Parallel Programming Using R

Posted on August 6, 2018 by DEFTeam

In Parallel R Programming, the foreach package provides a new looping construct, which is used to execute a series of statements repeatedly. This looping construct performs the same work that is done by other looping constructs such as for and while. But the main advantage of the foreach Parallel Processing in R is that it can execute the loop in parallel across multiple cores of a system.

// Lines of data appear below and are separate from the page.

//! How the rows of the tables are read.

use std::alloc::{AllocError, Global};

/// What stands before the first bar, and what stands behind it.
pub fn field(row: &str) -> (&str, &str) {
    match row.split_once('|') {
        Some((field, rest)) => (field.trim(), rest.trim()),
        None => (row.trim(), ""),
    }
}

/// The number that digits write; none where they write none.
pub fn number(text: &str) -> u64 {
    text.parse().unwrap_or(u64::MAX)
}

fn half_byte(digit: u8) -> u8 {
    match digit {
        b'0'..=b'9' => digit - b'0',
        b'a'..=b'f' => digit - b'a' + 10,
        _ => 0,
    }
}

/// Appends the bytes that pairs of hexadecimal digits write.
pub fn add_bytes(out: &mut Vec<u8>, text: &str) -> Result<(), AllocError> {
    let mut high = None;
    for digit in text.as_bytes() {
        if *digit == b' ' {
            continue;
        }
        match high.take() {
            None => high = Some(half_byte(*digit)),
            Some(first) => out.push((first << 4) | half_byte(*digit))?,
        }
    }
    Ok(())
}
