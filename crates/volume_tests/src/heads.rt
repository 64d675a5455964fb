//! Heads whose coordinates are in the volume's own units, and the same heads in index units.

use crate::rows::field;
use desk_mem::MemDesk;
use mha_read::read_head;
use st_base::{Axis, Desk, Head, HeadFault};
use std::alloc::{AllocError, Global};

// Lines of a head of one sample, and the answer in the volume's own units: the spacing and the offset on
// each axis, in units of 10^-18, or why the head is refused.
const IN_OWN_UNITS: &str = " | 1000000000000000000 0, 1000000000000000000 0, 1000000000000000000 0
ElementSpacing = 0.5 0.5 2; Offset = 10 -20 0.25 | 500000000000000000 10000000000000000000, 500000000000000000 -20000000000000000000, 2000000000000000000 250000000000000000
ElementSpacing =  2\t+3   4. | 2000000000000000000 0, 3000000000000000000 0, 4000000000000000000 0
Offset = +.5 5. -0 | 1000000000000000000 500000000000000000, 1000000000000000000 5000000000000000000, 1000000000000000000 0
Offset = 0.000000000000000001 -.5 00000000000000000001 | 1000000000000000000 1, 1000000000000000000 -500000000000000000, 1000000000000000000 1000000000000000000
ElementSpacing = 999.999999999999999999 0.000000000000000001 1000 | Unsupported Spacing
ElementSpacing = 999.999999999999999999 0.000000000000000001 1 | 999999999999999999999 0, 1 0, 1000000000000000000 0
Offset = 999999.999999999999999999 -999999.999999999999999999 0 | 1000000000000000000 999999999999999999999999, 1000000000000000000 -999999999999999999999999, 1000000000000000000 0
Offset = 0 1000000 0 | Unsupported Offset
Offset = 0 0 -1000000 | Unsupported Offset
Offset = 1e-3 0 0 | Unsupported Offset
Offset = 1.0000000000000000000 0 0 | Unsupported Offset
ElementSpacing = 0 1 1 | Unsupported Spacing
ElementSpacing = 1 1 -1 | Unsupported Spacing
ElementSpacing = 1 1000 1 | Unsupported Spacing
ElementSpacing = 1 1e2 1 | Unsupported Spacing
ElementSpacing = 1 1 | BadValue Spacing
ElementSpacing = 1 1 1 1 | BadValue Spacing
ElementSpacing = | BadValue Spacing
ElementSpacing = . 1 1 | BadValue Spacing
Offset = --1 0 0 | BadValue Offset
Offset = 1e 0 0 | BadValue Offset
Offset = 1.0.0 0 0 | BadValue Offset
Offset = 0,0 0 0 | BadValue Offset
Offset = x 0 0; ElementSpacing = 0 1 1 | BadValue Offset
Offset = 1e6 0 0; ElementSpacing = 0 1 1 | Unsupported Spacing
Offset = 1 2 3; Offset = x | 1000000000000000000 1000000000000000000, 1000000000000000000 2000000000000000000, 1000000000000000000 3000000000000000000
offset = x; Spacing = 2 2 2 | 1000000000000000000 0, 1000000000000000000 0, 1000000000000000000 0";

// Lines of a head of two dimensions, and the answers in the volume's own units and in index units.
const TWO_DIMENSIONS: &str = "ElementSpacing = 1 1 | Unsupported NDims | Unsupported NDims
ElementSpacing = 1 1 1 | BadValue Spacing | Unsupported NDims
Offset = 0 | BadValue Offset | Unsupported NDims";

const UNITS: &str = "1000000000000000000 0, 1000000000000000000 0, 1000000000000000000 0";

// What is read of a head with some lines before its data line.
fn head_with(
    alloc: Global,
    sizes: &str,
    lines: &str,
    world: bool,
) -> Result<Result<Head, HeadFault>, AllocError> {
    let mut text = Vec::new(alloc);
    text.extend_from_slice(sizes.as_bytes())?;
    for line in lines.split(';') {
        text.extend_from_slice(line.trim().as_bytes())?;
        text.push(b'\n')?;
    }
    text.extend_from_slice(b"ElementType = MET_UCHAR\nElementDataFile = LOCAL\n")?;
    let mut desk = MemDesk::new(alloc);
    if desk.put_input(b"a", &text).is_err() || desk.open_input(b"a").is_err() {
        return Ok(Err(HeadFault::NoMemory));
    }
    Ok(read_head(alloc, &mut desk, world))
}

fn shown_axis(alloc: Global, axis: &Axis) -> Result<String, AllocError> {
    format!(in alloc; "{} {}", axis.spacing, axis.offset)
}

fn shown(alloc: Global, head: &Result<Head, HeadFault>) -> Result<String, AllocError> {
    match head {
        Ok(head) => {
            let [x, y, z] = &head.axes;
            let (x, y, z) = (
                shown_axis(alloc, x)?,
                shown_axis(alloc, y)?,
                shown_axis(alloc, z)?,
            );
            format!(in alloc; "{x}, {y}, {z}")
        }
        Err(HeadFault::BadValue { key }) => format!(in alloc; "BadValue {key:?}"),
        Err(HeadFault::Unsupported { key }) => format!(in alloc; "Unsupported {key:?}"),
        Err(fault) => format!(in alloc; "{fault:?}"),
    }
}

#[test]
fn own_units(rt: HostRuntime) {
    let alloc = rt.alloc();
    for row in IN_OWN_UNITS.lines() {
        let (lines, wanted) = field(row);
        for (world, answer) in [(true, wanted), (false, UNITS)] {
            let head = head_with(alloc, "NDims = 3\nDimSize = 1 1 1\n", lines, world);
            let head = head.expect(&rt, "memory");
            let text = shown(alloc, &head).expect(&rt, "memory");
            assert_eq!(rt; text.as_str(), answer, "of {row}");
        }
    }
}

#[test]
fn two_dimensions(rt: HostRuntime) {
    let alloc = rt.alloc();
    for row in TWO_DIMENSIONS.lines() {
        let (lines, rest) = field(row);
        let (own, index) = field(rest);
        for (world, answer) in [(true, own), (false, index)] {
            let head = head_with(alloc, "NDims = 2\nDimSize = 3 4\n", lines, world);
            let head = head.expect(&rt, "memory");
            let text = shown(alloc, &head).expect(&rt, "memory");
            assert_eq!(rt; text.as_str(), answer, "of {row}");
        }
    }
}
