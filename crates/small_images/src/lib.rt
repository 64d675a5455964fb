//! Fields of small images, and the mesh of one sample, for tests.
#![tactic(auto)]

mod files;

ghost use Rattle.std.specs.Prelude.{◌≡◌, ◌≤◌, ◌≤ℤ◌, ◌<◌, ◌^◌, All, IfSome, length, negsuc, pos};
ghost use Rattle.std.specs.Bool.{OnTrue};
ghost use Rattle.definitions.specs.Lattice.{vertices};
ghost use Rattle.formats.specs.declared.Kind.TheVariants.{Short};

use bcc_lattice::vertex_count;
pub use files::{
    ONE_SAMPLE_ELE_FILE, ONE_SAMPLE_ELE_FILE_FROM_ONE, ONE_SAMPLE_NODE_FILE,
    ONE_SAMPLE_NODE_FILE_FROM_ONE, ONE_SAMPLE_TETS,
};
use phantom::phantom;
use samples::{Field, Level};
use st_base::{Dims, Kind, Samples, Volume};
use std::alloc::Global;

fn are_short(numbers: &[i64]) -> bool
    ensures low { OnTrue result (All (λ z. negsuc 32767 ≤ℤ z) numbers.now) }
    ensures high { OnTrue result (All (λ z. z ≤ℤ pos 32767) numbers.now) }
{
    numbers.iter().all(|z| -32768 <= *z && *z <= 32767)
}

fn short_samples(alloc: Global, numbers: &[i64]) -> Option<Samples>
    requires low { All (λ z. negsuc 32767 ≤ℤ z) numbers.now }
    requires high { All (λ z. z ≤ℤ pos 32767) numbers.now }
    ensures kind { IfSome result (λ s. s.kind ≡ Short) }
    ensures numbers { IfSome result (λ s. s.numbers ≡ numbers.now) }
{
    let mut samples = Samples::with_capacity(alloc, Kind::Short, numbers.len()).ok()?;
    for number in numbers {
        samples.push(*number).ok()?;
    }
    Some(samples)
}

/// The field of an image of at most nine samples on each axis, whose samples are of 16 bits, at a
/// level that is given as its double. None where the image is another one, or memory runs out.
///
/// ```
/// let dims = Dims { nx: 2, ny: 1, nz: 1 };
/// let field = field_of(alloc, dims, &[1, 0], 1, false)?;
/// ```
pub fn field_of(
    alloc: Global,
    dims: Dims,
    numbers: &[i64],
    twice: i64,
    below: bool,
) -> Option<Field>
    ensures sizes { IfSome result (λ f. f.dims ≡ dims) }
    ensures few { IfSome result (λ f. length (vertices f.dims) < 2 ^ 32) }
{
    let Dims { nx, ny, nz } = dims;
    if nx < 1 || nx > 9 || ny < 1 || ny > 9 || nz < 1 || nz > 9 {
        return None;
    }
    if numbers.len() != (nx * ny * nz) as usize || !are_short(numbers) {
        return None;
    }
    let volume = Volume::new(dims, 1, short_samples(alloc, numbers)?);
    let field = Field::of_volume(alloc, volume, Level::new(twice)?, below).ok()?;
    let _ = vertex_count(field.dims());
    Some(field)
}

/// One sample of 1, at a level of a half: five layers of 9, 4, 9, 4 and 9 vertices.
pub fn one_sample(alloc: Global) -> Option<Field>
    ensures { IfSome result (λ f. length (vertices f.dims) < 2 ^ 32) }
{
    let dims = Dims {
        nx: 1,
        ny: 1,
        nz: 1,
    };
    field_of(alloc, dims, &[1], 1, false)
}

/// The phantom of `n` samples on each axis with seed 7, at a level of 199.5.
pub fn phantom_field(alloc: Global, n: u32) -> Option<Field>
    requires positive { 1 ≤ n }
    requires size { n ≤ 128 }
    ensures { IfSome result (λ f. length (vertices f.dims) < 2 ^ 32) }
{
    let volume = phantom(alloc, n, 7).ok()?;
    let field = Field::of_volume(alloc, volume, Level::new(399)?, false).ok()?;
    let _ = vertex_count(field.dims());
    Some(field)
}
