//! Words of commands: where they are bad, and what they say.

use crate::rows::{field, number as number_of};
use command_words::{Command, Source, halves, level, number, read_words};
use st_base::{NoMemory, Words};
use std::alloc::{AllocError, Global};

// Words, and the place at which they are bad. `_` is the empty word.
const BAD_WORDS: &str = " | 0
meshes a | 0
Mesh a out level=1 | 0
count | 1
count _ level=1 | 1
count a | 2
count a long=3 | 2
count a level=1 step=65 | 3
mesh a | 2
mesh _ _ | 1
mesh a _ level=1 | 2
mesh= a b level=1 | 0
mesh a level=1 | 3
mesh a out b level=1 | 3
mesh a out level=1 level=2 | 4
mesh a out level=1 workers=0 | 4
mesh a out level=1 workers=65 | 4
mesh a out level=1 slab=04 | 4
mesh a out level=1 long=1024 | 4
mesh a out level=1 short=2048 | 4
mesh a out level=1 below=no | 4
mesh a out level=0.5 first=2 | 4
mesh a out level=0.5 first=01 | 4
mesh a out level=0.5 first=-1 | 4
mesh a out first=1 first=1 level=0.5 | 4
mesh a out level=0.5 units=mm | 4
mesh a out level=0.5 units= | 4
mesh a out level=0.5 units=world first=0 units=world | 6
mesh a out units=index first=1 | 5
mesh a out short=2047 | 4
mesh a b slab=65 | 3
mesh a out long=1023 short=2047 slab=9 level=1e3 | 6
mesh a out level=3750510981.5 long=0 a | 5
count slab=65 a level=-0.5 | 2
count a level=0.5 first=1 | 3
count a level=0.5 units=index | 3
demo size=129 seed=7 | 1
demo seed=7 | 2
demo size=1 seed=7 level=1 | 3
demo size=1 seed=18446744073709551616 | 2
demo size=2 seed=7 units=world | 3
demo size=2 first=0 seed=7 | 2
demo size=2 seed=7 faces=yes | 3
mesh a out level=1 faces=no | 4
mesh a out level=1 faces= | 4
mesh a out faces=yes level=1 faces=yes | 5
mesh a out level=1 at=0,0,0 | 4
count a level=1 faces=yes | 3
count a at=0,0,0 | 2
stream | 1
stream a | 2
stream a out | 3
stream a _ level=1 | 2
stream a out level=1 faces=yes | 4
stream a out level=1 at=0,0,0 | 4
stream a out level=1 workers=65 | 4
audit | 1
audit _ | 1
audit a b | 2
audit a level=1 | 2
audit a faces=yes | 2
probe a | 2
probe a level=1 | 3
probe a at=0,0,0 | 3
probe a level=1 at=0,0 | 3
probe a level=1 at=0,0,0,0 | 3
probe a level=1 at=0,,0 | 3
probe a level=1 at= | 3
probe a level=1 at=0,01,0 | 3
probe a level=1 at=0,+1,0 | 3
probe a level=1 at=0,0.5,0 | 3
probe a level=1 at=0,0,1099511627776 | 3
probe a level=1 at=-1099511627776,0,0 | 3
probe a at=0,0,0 at=0,0,0 level=1 | 3
probe a level=1 at=0,0,0 workers=1 | 4
probe a level=1 at=0,0,0 first=1 | 4";

// Words, and what they say.
const COMMANDS: &str =
    "mesh a out level=1 | input 1, twice 2, below false, step 1, output 2, long 1023, short 1687, workers 4, slab 4, first 0, world false, faces false, streamed false
mesh a out level=1 long=0 short=0 workers=64 slab=64 step=64 below=yes | input 1, twice 2, below true, step 64, output 2, long 0, short 0, workers 64, slab 64, first 0, world false, faces false, streamed false
mesh level=2 step=3 slab=1 workers=64 short=2047 long=1023 level=10.0 | input 1, twice 20, below false, step 1, output 2, long 1023, short 2047, workers 64, slab 1, first 0, world false, faces false, streamed false
mesh a out level=1 first=1 units=world | input 1, twice 2, below false, step 1, output 2, long 1023, short 1687, workers 4, slab 4, first 1, world true, faces false, streamed false
mesh a out units=world workers=2 first=1 level=1 slab=3 | input 1, twice 2, below false, step 1, output 2, long 1023, short 1687, workers 2, slab 3, first 1, world true, faces false, streamed false
mesh a out first=0 level=-1 units=index faces=yes | input 1, twice -2, below false, step 1, output 2, long 1023, short 1687, workers 4, slab 4, first 0, world false, faces true, streamed false
stream a out first=1 slab=1 workers=2 level=-1 units=world long=7 short=9 step=3 | input 1, twice -2, below false, step 3, output 2, long 7, short 9, workers 2, slab 1, first 1, world true, faces false, streamed true
count a step=2 level=199.5 | input 1, twice 399, below false, step 2
audit a | files 1, twice 0, below false, step 1
probe a level=0.5 at=1,-2,1099511627775 | input 1, twice 1, below false, step 1, long 1023, short 1687, at 1 -2 1099511627775
probe a at=-0,-1099511627775,0 short=0 step=64 level=2 long=5 below=yes | input 1, twice 4, below true, step 64, long 5, short 0, at 0 -1099511627775 0
demo seed=7 slab=1 size=128 | size 128, seed 7, twice 399, below false, step 1";

// What is read, the word, and the number that it is.
const NUMBERS: &str = "number | 18446744073709551615 | 18446744073709551615
halves | 4294967295.5 | 8589934591
level | -0 | 0";

// The words that blanks part.
fn words_of(alloc: Global, text: &str) -> Result<Words, NoMemory> {
    let mut words = Words::new(alloc);
    for word in text.split_whitespace() {
        words.push(if word == "_" { b"" } else { word.as_bytes() })?;
    }
    Ok(words)
}

#[test]
fn places_of_bad_words(rt: HostRuntime) {
    for row in BAD_WORDS.lines() {
        let (given, place) = field(row);
        let words = words_of(rt.alloc(), given).expect(&rt, "memory");
        let found = read_words(&words).err();
        assert_eq!(rt; found.map(|n| n as u64), Some(number_of(place)), "of {row}");
    }
}

// What a command says.
fn told(alloc: Global, command: &Command) -> Result<String, AllocError> {
    let source = match command.source() {
        Source::File { input } => format!(in alloc; "input {input}")?,
        Source::Phantom { size, seed } => format!(in alloc; "size {size}, seed {seed}")?,
        Source::Finished { input } => format!(in alloc; "files {input}")?,
    };
    let mesh = match command.mesh() {
        None => String::new(alloc),
        Some(mesh) => format!(in alloc;
            ", output {}, long {}, short {}, workers {}, slab {}, first {}, world {}, faces {}, streamed {}",
            mesh.output,
            mesh.shares.share(true),
            mesh.shares.share(false),
            mesh.plan.workers,
            mesh.plan.slab,
            mesh.numbering,
            mesh.world,
            mesh.faces,
            mesh.streamed
        )?,
    };
    let probe = match command.probe() {
        None => String::new(alloc),
        Some(probe) => format!(in alloc;
            ", long {}, short {}, at {} {} {}",
            probe.shares.share(true),
            probe.shares.share(false),
            probe.at.x,
            probe.at.y,
            probe.at.z
        )?,
    };
    format!(in alloc;
        "{source}, twice {}, below {}, step {}{mesh}{probe}",
        command.level().twice(),
        command.below(),
        command.step()
    )
}

#[test]
fn commands(rt: HostRuntime) {
    for row in COMMANDS.lines() {
        let (given, wanted) = field(row);
        let words = words_of(rt.alloc(), given).expect(&rt, "memory");
        let command = read_words(&words).ok().expect(&rt, "a command");
        let text = told(rt.alloc(), &command).expect(&rt, "memory");
        assert_eq!(rt; text.as_str(), wanted, "of {row}");
    }
}

#[test]
fn numbers(rt: HostRuntime) {
    for row in NUMBERS.lines() {
        let (what, rest) = field(row);
        let (word, wanted) = field(rest);
        let found = match what {
            "number" => number(word.as_bytes()),
            "halves" => halves(word.as_bytes()),
            _ => level(word.as_bytes()).map(|level| level.twice().unsigned_abs()),
        };
        assert_eq!(rt; found, Some(number_of(wanted)), "of {row}");
    }
}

To execute a set of statements in Parallel R Programming using foreach package, we need to use doParallel R Programming package which is a parallel backend for foreach package. We need to register the doParallel to be used by foreach using registerDoParallel(cores=n) function. The argument to that function specifies how many cores that have to be used for performing the operation.

Comparison:

Time series data were taken in order to make a comparison between foreach Parallel R Programming package and normal R code(sequential). Time series data consists of 586 rows and 42 columns, where each row represents time series data for one location (time series object) and the column represents month-wise data. The chart below represents time taken by foreach package with different cores and without using foreach package i.e. sequential.

From the above result, we can see that using 4 cores in foreach Parallel R Programming package is 3.77 times faster than R code which runs sequentially for time series data.

Here are the results when rolling forecast was done using foreach Parallel R Programming package.

Bar chart titled Time Comparison shows time in seconds for 1, 2, 3, and 4 cores. 1 Core is highest, decreasing with more cores. Colorful, emphasizing efficiency.

From the above result, we can see that using 4 cores in foreach Parallel R Programming package is 3.73 times faster than R code which runs sequentially.

Above analysis was done on Desktop machine with 4 cores and 8GB of RAM.